Finding the right mix of stocks for your portfolio takes time and plenty of patience. Fortunately, the market gives us plenty of options to consider. Among those options are some truly stellar options, such as my three favourite TSX stocks.
Favourite #1: TD Bank
Toronto-Dominion Bank (TSX:TD)(NYSE:TD) is the first of my favourite TSX stocks to consider. To be fair, Canada’s big banks are always a great option to consider for your portfolio. But as to what makes TD that stellar option for your portfolio, there are several key reasons.
First and foremost, TD boasts a stable and reliable domestic segment. In the most recent quarter, that segment earned $2,236 million, reflecting a humble 2% increase over the prior year. Keep in mind that overall, the bank earned $3,811 million in the quarter. In other words, that domestic segment fuels a good chunk of TD’s earnings. This allows the company to invest in growth, which leads me to the second point.
Few Canadians may realize this, but TD has a sizable presence in the U.S. that is rapidly growing. In fact, TD’s U.S. branch network is now larger than its domestic market, stretching from Maine to Florida. That growth is set to accelerate further thanks to TD’s deal to acquire First Horizon bank, which will expand the bank’s market in the southeastern U.S.
Finally, let’s talk dividends. TD has been paying out generous dividends without fail for over a century. The current yield works out to 4.24%, making it one of the better-paying options on the market.
Favourite #2: Enbridge
Enbridge (TSX:ENB)(NYSE:ENB) is another great addition to a list of favourite TSX stocks to consider. The energy infrastructure behemoth may be best-known for its substantial (and very defensive) pipeline network, but it does offer more.
Don’t get me wrong; that massive pipeline network generates cash for the company and is often compared with a toll network. But I would be remiss if I didn’t mention Enbridge’s renewable energy segment.
Over the past two decades, Enbridge has invested billions into building a renewable energy portfolio. That investment will continue to grow over the long term and offer an alternative (and diversify itself) from its better-known pipeline business.
Prospective investors should also note that Enbridge is also one of the largest natural gas utilities on the continent. This adds an additional element of diversification to an already lucrative investment.
Turning to income, Enbridge has one of the best-paying yields on the market. The dividend works out to a handsome yield of 5.98%.
Favourite #3: RioCan
Rounding out the list of favourite TSX stocks to consider is RioCan Real Estate (TSX:REI.UN).

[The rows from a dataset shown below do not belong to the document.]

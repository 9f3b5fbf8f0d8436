//! Laws of this crate's definitions, each the contract of a function that does nothing and takes no memory.
ghost use Rattle.smithy_types.specs.TimestampReading.{IsTimestampReadBack};

/// What is written for a point in time, in each format and for each year that it has, is read as that point in time.
pub fn timestamps_are_read_back()
    ensures { IsTimestampReadBack }
{}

RioCan is one of the largest real estate investment trusts (REITs) in Canada, with a massive portfolio of over 230 properties. RioCan’s portfolio has historically consisted of mostly commercial and retail properties, but that allocation is shifting.
Specifically, that shift is more towards residential. RioCan has a growing number of mixed-use properties situated on high-traffic transit routes in Canada’s metro areas. In short, these are appealing options to people that were otherwise priced out of the overheated real estate market.
As an investment, RioCan is great for prospective investors that were considering a rental property. Specifically, RioCan provides a monthly distribution like a rental property, but without much of the risk associated with renting.
Perhaps best of all, that risk is spread out over hundreds of units instead of one property, and there’s no down payment requirement.
RioCan’s monthly distribution has a yield of 4.96%. This means that a $50,000 investment, which is far less than a typical down payment, will earn a monthly income of $206.
Even better: investors not ready to draw on that income yet can reinvest it until needed, allowing that income to grow even more.
Those are my favourite TSX stocks right now. What are yours?
No investment is without risk, and that includes the three stocks mentioned above. Fortunately, all three of the stocks above are established in their respective fields. They also boast some defensive appeal and offer a healthy (and growing) dividend.
In other words, they are, in my opinion, great options for any well-diversified portfolio.